[YOUR TASK] Print the data below exactly, but only the lines from the one containing "copies 0 17)" down to the one containing "of the range.", inclusive.

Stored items

>>>>

//! Composites: where their bytes lie, and what a lane answers to commands on them.

ghost use Rattle.std.specs.Prelude.{◌≡◌, [], ◌∷◌, ◌++◌, None, replicate, true, false};
ghost use Rattle.pool_law.specs.declared.command.Command.TheVariants.{Set, Get, Write, Read, Slice, Dup, Retain, Release, Refcnt, Touch, Forget, Send, Compose, Add, Capacity};
ghost use Rattle.pool_law.specs.declared.note.Did.{Did};
ghost use Rattle.pool_law.specs.declared.note.RefDid.{RefDid};
ghost use Rattle.pool_law.specs.declared.run.Reply.{Reply};
ghost use Rattle.pool_law.specs.Composites.{Composite, composite_of, extended_by, cut, ranges, readable};
ghost use Rattle.pool_law.specs.Names.{Composed, without};
ghost use Rattle.definition_rows.specs.Notes.{mail, post_nothing};
ghost use Rattle.definition_rows.specs.Entries.{alone, on, access};
ghost use Rattle.definition_rows.specs.LanePlays.{held, gone, held_view, ends_with, kept_at, held_home, gives};
ghost use Rattle.definition_rows.specs.CompositePlays.{large, held_part, gone_part, large_part, composite, bound, answers, replies, binds, handle, full, birth, no_handle, copies, copy_part, held_region};

/// A composite is the readable bytes of its parts in order. An empty part has no byte of it.
pub fn bytes_in_parts()
    ensures readable { readable held_view ≡ held_part }
    ensures new { composite_of (held_part ∷ gone_part ∷ [])
        ≡ record { parts = held_part ∷ gone_part ∷ []; count = 1; reader = 0; writer = 6 } }
    ensures longer { extended_by gone_part (composite (held_part ∷ []) 1 3)
        ≡ composite (held_part ∷ gone_part ∷ []) 1 6 }
    ensures last_and_first { ranges (cut held_part 0 3 ∷ cut held_part 0 0 ∷ large_part ∷ []) 2 3
        ≡ cut held_part 2 1 ∷ cut large_part 0 2 ∷ [] }
    ensures behind_the_empty_part { ranges
        (cut held_part 0 3 ∷ cut held_part 0 0 ∷ large_part ∷ []) 3 1
        ≡ cut large_part 0 1 ∷ [] }
    ensures within_a_part { ranges (large_part ∷ held_part ∷ []) 10 5 ≡ cut large_part 10 5 ∷ [] }
    ensures nothing { ranges (large_part ∷ held_part ∷ []) 10 0 ≡ [] }
{}

/// Up to sixteen parts make a composite without a note.
pub fn compose_and_add()
    ensures compose { answers (Compose 2 (0 ∷ 6 ∷ [])) []
        ≡ binds (Reply.OkNumber 40004) 2 (Composed (composite_of (held_part ∷ large_part ∷ []))) }
    ensures compose_sixteen { answers (Compose 2 (replicate 16 0)) []
        ≡ binds (Reply.OkNumber 64) 2 (Composed (composite_of (replicate 16 held_part))) }
    ensures add { answers (Add 3 0) []
        ≡ binds (Reply.OkNumber 8) 3 (Composed (composite (held_part ∷ held_part ∷ []) 1 8)) }
    ensures add_to_two_counts { answers (Add 7 0) []
        ≡ binds (Reply.OkNumber 40004) 7
        (Composed (composite (large_part ∷ held_part ∷ []) 2 40004)) }
{}

/// Seventeen parts are copied to a new root. Then each is released, as long as the lane counts its
/// root.
pub fn consolidation()
    ensures compose { answers (Compose 2 (replicate 17 0))
        (handle ++ birth ++ copies 0 17
        ++ ends_with held_region (kept_at 0 held_region ∷ held_home ∷ []))
        ≡ binds (Reply.OkNumber 68) 2 (Composed (composite_of (copy_part ∷ []))) }
    ensures add { answers (Add 10 0)
        (handle ++ birth ++ copies 0 17
        ++ ends_with held_region (kept_at 0 held_region ∷ held_home ∷ []))
        ≡ binds (Reply.OkNumber 68) 10 (Composed (composite (copy_part ∷ []) 1 68)) }
    ensures not_silent { answers (Compose 2 (replicate 17 0)) [] ≡ None }
    ensures all_parts { answers (Compose 2 (replicate 17 0))
        (handle ++ birth ++ copies 0 16
        ++ ends_with held_region (kept_at 0 held_region ∷ held_home ∷ [])) ≡ None }
    ensures releases { answers (Compose 2 (replicate 17 0)) (handle ++ birth ++ copies 0 17)
        ≡ None }
    ensures full { answers (Add 10 0) (handle ++ full) ≡ replies Reply.Full [] }
{}

/// An access to a composite is one note for each part of the range.
pub fn accesses()
    ensures set { answers (Set 3 1 (9 ∷ 8 ∷ []) false) (access held 2 (Did.Set 3 (9 ∷ 8 ∷ [])) ∷ [])
        ≡ replies Reply.Ok [] }
    ensures set_nothing { answers (Set 3 1 [] false) [] ≡ replies Reply.Ok [] }
    ensures get { answers (Get 10 3 6 false)
        (access held 2 (Did.Get 5 (1 ∷ [])) ∷ access held 3 (Did.Get 2 (2 ∷ 3 ∷ 4 ∷ 5 ∷ []))
        ∷ access held 4 (Did.Get 2 (6 ∷ [])) ∷ [])
        ≡ replies (Reply.OkBytes (1 ∷ 2 ∷ 3 ∷ 4 ∷ 5 ∷ 6 ∷ [])) [] }
    ensures in_order { answers (Get 10 3 2 false)
        (access held 2 (Did.Get 2 (2 ∷ [])) ∷ access held 3 (Did.Get 5 (1 ∷ [])) ∷ []) ≡ None }
    ensures read { answers (Read 3 2) (access held 2 (Did.Get 3 (1 ∷ 2 ∷ [])) ∷ [])
        ≡ binds (Reply.OkBytes (1 ∷ 2 ∷ [])) 3
        (Composed (record { parts = held_part ∷ []; count = 1; reader = 3; writer = 4 })) }
    ensures read_range { answers (Read 3 4) [] ≡ replies Reply.Range [] }
    // its writer is at its end
    ensures write_nothing { answers (Write 3 []) []
        ≡ binds Reply.Ok 3 (Composed (composite (held_part ∷ []) 1 4)) }
    ensures write_range { answers (Write 3 (1 ∷ [])) [] ≡ replies Reply.Range [] }
    ensures get_range { answers (Get 3 1 4 false) [] ≡ replies Reply.Range [] }
    ensures uncounted_before_range { answers (Get 5 9 9 false) [] ≡ replies Reply.Illegal [] }
    ensures ended { answers (Get 4 0 1 false) [] ≡ replies Reply.Illegal [] }
{}

/// A composite has counts of its own, and the last releases each part whose root the lane then
/// counts.
pub fn own_counts()
    ensures retain { answers (Retain 3) []
        ≡ binds Reply.Ok 3 (Composed (composite (held_part ∷ []) 2 4)) }
    ensures refcnt { answers (Refcnt 7) [] ≡ replies (Reply.OkNumber 2) [] }
    ensures kept { answers (Release 7) []
        ≡ binds Reply.Kept 7 (Composed (composite (large_part ∷ []) 1 40000)) }
    ensures freed { answers (Release 3)
        (ends_with held_region (kept_at 0 held_region ∷ held_home ∷ []))
        ≡ binds Reply.Freed 3 (Composed (composite (held_part ∷ []) 0 4)) }
    ensures its_root_stays { answers (Release 3) (on held RefDid.Kept ∷ [])
        ≡ binds Reply.Freed 3 (Composed (composite (held_part ∷ []) 0 4)) }
    // one root is gone, and is not released
    ensures freed_in_part { answers (Release 5)
        (ends_with held_region (kept_at 0 held_region ∷ held_home ∷ []))
        ≡ binds Reply.Freed 5 (Composed (composite (held_part ∷ gone_part ∷ []) 0 6)) }
    // sixteen parts of a root that the lane counts once
    ensures freed_once { answers (Release 10)
        (ends_with held_region (kept_at 0 held_region ∷ held_home ∷ []))
        ≡ binds Reply.Freed 10 (Composed (composite (replicate 16 held_part) 0 64)) }
    ensures not_silent { answers (Release 3) [] ≡ None }
    ensures retain_ended { answers (Retain 4) [] ≡ replies Reply.Illegal [] }
    ensures release_ended { answers (Release 4) [] ≡ replies Reply.Illegal [] }
    ensures refcnt_ended { answers (Refcnt 4) [] ≡ replies Reply.Illegal [] }
    ensures forget { answers (Forget 3) [] ≡ gives Reply.Ok (without 3 bound) [] }
    ensures forget_ended { answers (Forget 4) [] ≡ gives Reply.Ok (without 4 bound) [] }
{}

/// Commands that take no composite: where the name is one, they are refused before its counts are
/// looked at.
pub fn refused_composites()
    ensures tryset { answers (Set 4 9 (1 ∷ []) true) [] ≡ replies Reply.Composite [] }
    ensures tryget { answers (Get 4 9 1 true) [] ≡ replies Reply.Composite [] }
    ensures taken_before_composite { answers (Slice 0 4 9 1 false) [] ≡ replies Reply.Taken [] }
    ensures slice { answers (Slice 2 4 9 1 false) [] ≡ replies Reply.Composite [] }
    ensures rslice { answers (Slice 2 4 9 1 true) [] ≡ replies Reply.Composite [] }
    ensures dup { answers (Dup 2 4) [] ≡ replies Reply.Composite [] }
    ensures touch { answers (Touch 4) [] ≡ replies Reply.Composite [] }
    ensures capacity { answers (Capacity 4 4194305) [] ≡ replies Reply.Composite [] }
    ensures send { answers (Send 3 1) (alone (mail 0 1 1 post_nothing) ∷ [])
        ≡ replies Reply.Composite [] }
{}

/// `compose`: unbound, taken, composite, illegal, toolarge, handles, full.
pub fn compose()
    ensures unbound_before_taken { answers (Compose 0 (0 ∷ 9 ∷ [])) [] ≡ replies Reply.Unbound [] }
    ensures unbound_before_composite { answers (Compose 2 (3 ∷ 9 ∷ [])) []
        ≡ replies Reply.Unbound [] }
    ensures taken_before_composite { answers (Compose 0 (3 ∷ [])) [] ≡ replies Reply.Taken [] }
    ensures composite_before_illegal { answers (Compose 2 (1 ∷ 3 ∷ [])) []
        ≡ replies Reply.Composite [] }
    ensures illegal_before_toolarge { answers (Compose 2 (6 ∷ 6 ∷ 1 ∷ [])) []
        ≡ replies Reply.Illegal [] }
    ensures toolarge { answers (Compose 2 (6 ∷ 6 ∷ [])) [] ≡ replies Reply.TooLarge [] }
    ensures toolarge_before_handles { answers (Compose 2 (replicate 17 6)) no_handle
        ≡ replies Reply.TooLarge no_handle }
    ensures handles_before_full { answers (Compose 2 (replicate 17 0)) (no_handle ++ full)
        ≡ replies Reply.Handles full }
    ensures full { answers (Compose 2 (replicate 17 0)) (handle ++ full) ≡ replies Reply.Full [] }
{}

/// `add`: unbound, plain, composite, illegal, toolarge, handles, full.
pub fn add()
    ensures unbound_whole { answers (Add 9 3) [] ≡ replies Reply.Unbound [] }
    ensures unbound_before_plain { answers (Add 0 9) [] ≡ replies Reply.Unbound [] }
    ensures plain_before_composite { answers (Add 1 3) [] ≡ replies Reply.Plain [] }
    ensures plain_before_illegal { answers (Add 1 1) [] ≡ replies Reply.Plain [] }
    ensures composite_before_illegal { answers (Add 4 3) [] ≡ replies Reply.Composite [] }
    ensures composite_to_itself { answers (Add 3 3) [] ≡ replies Reply.Composite [] }
    ensures illegal_ended { answers (Add 4 0) [] ≡ replies Reply.Illegal [] }
    ensures illegal_part { answers (Add 5 0) [] ≡ replies Reply.Illegal [] }
    ensures illegal_view { answers (Add 3 1) [] ≡ replies Reply.Illegal [] }
    ensures illegal_before_toolarge { answers (Add 8 6) [] ≡ replies Reply.Illegal [] }
    ensures toolarge { answers (Add 7 6) [] ≡ replies Reply.TooLarge [] }
    ensures toolarge_before_handles { answers (Add 11 6) no_handle
        ≡ replies Reply.TooLarge no_handle }
    ensures handles_before_full { answers (Add 10 0) (no_handle ++ full)
        ≡ replies Reply.Handles full }
    ensures full { answers (Add 10 0) (handle ++ full) ≡ replies Reply.Full [] }
{}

<<<<

[SOLUTION FOR THIS PROBLEM]
    ensures releases { answers (Compose 2 (replicate 17 0)) (handle ++ birth ++ copies 0 17)
        ≡ None }
    ensures full { answers (Add 10 0) (handle ++ full) ≡ replies Reply.Full [] }
{}

/// An access to a composite is one note for each part of the range.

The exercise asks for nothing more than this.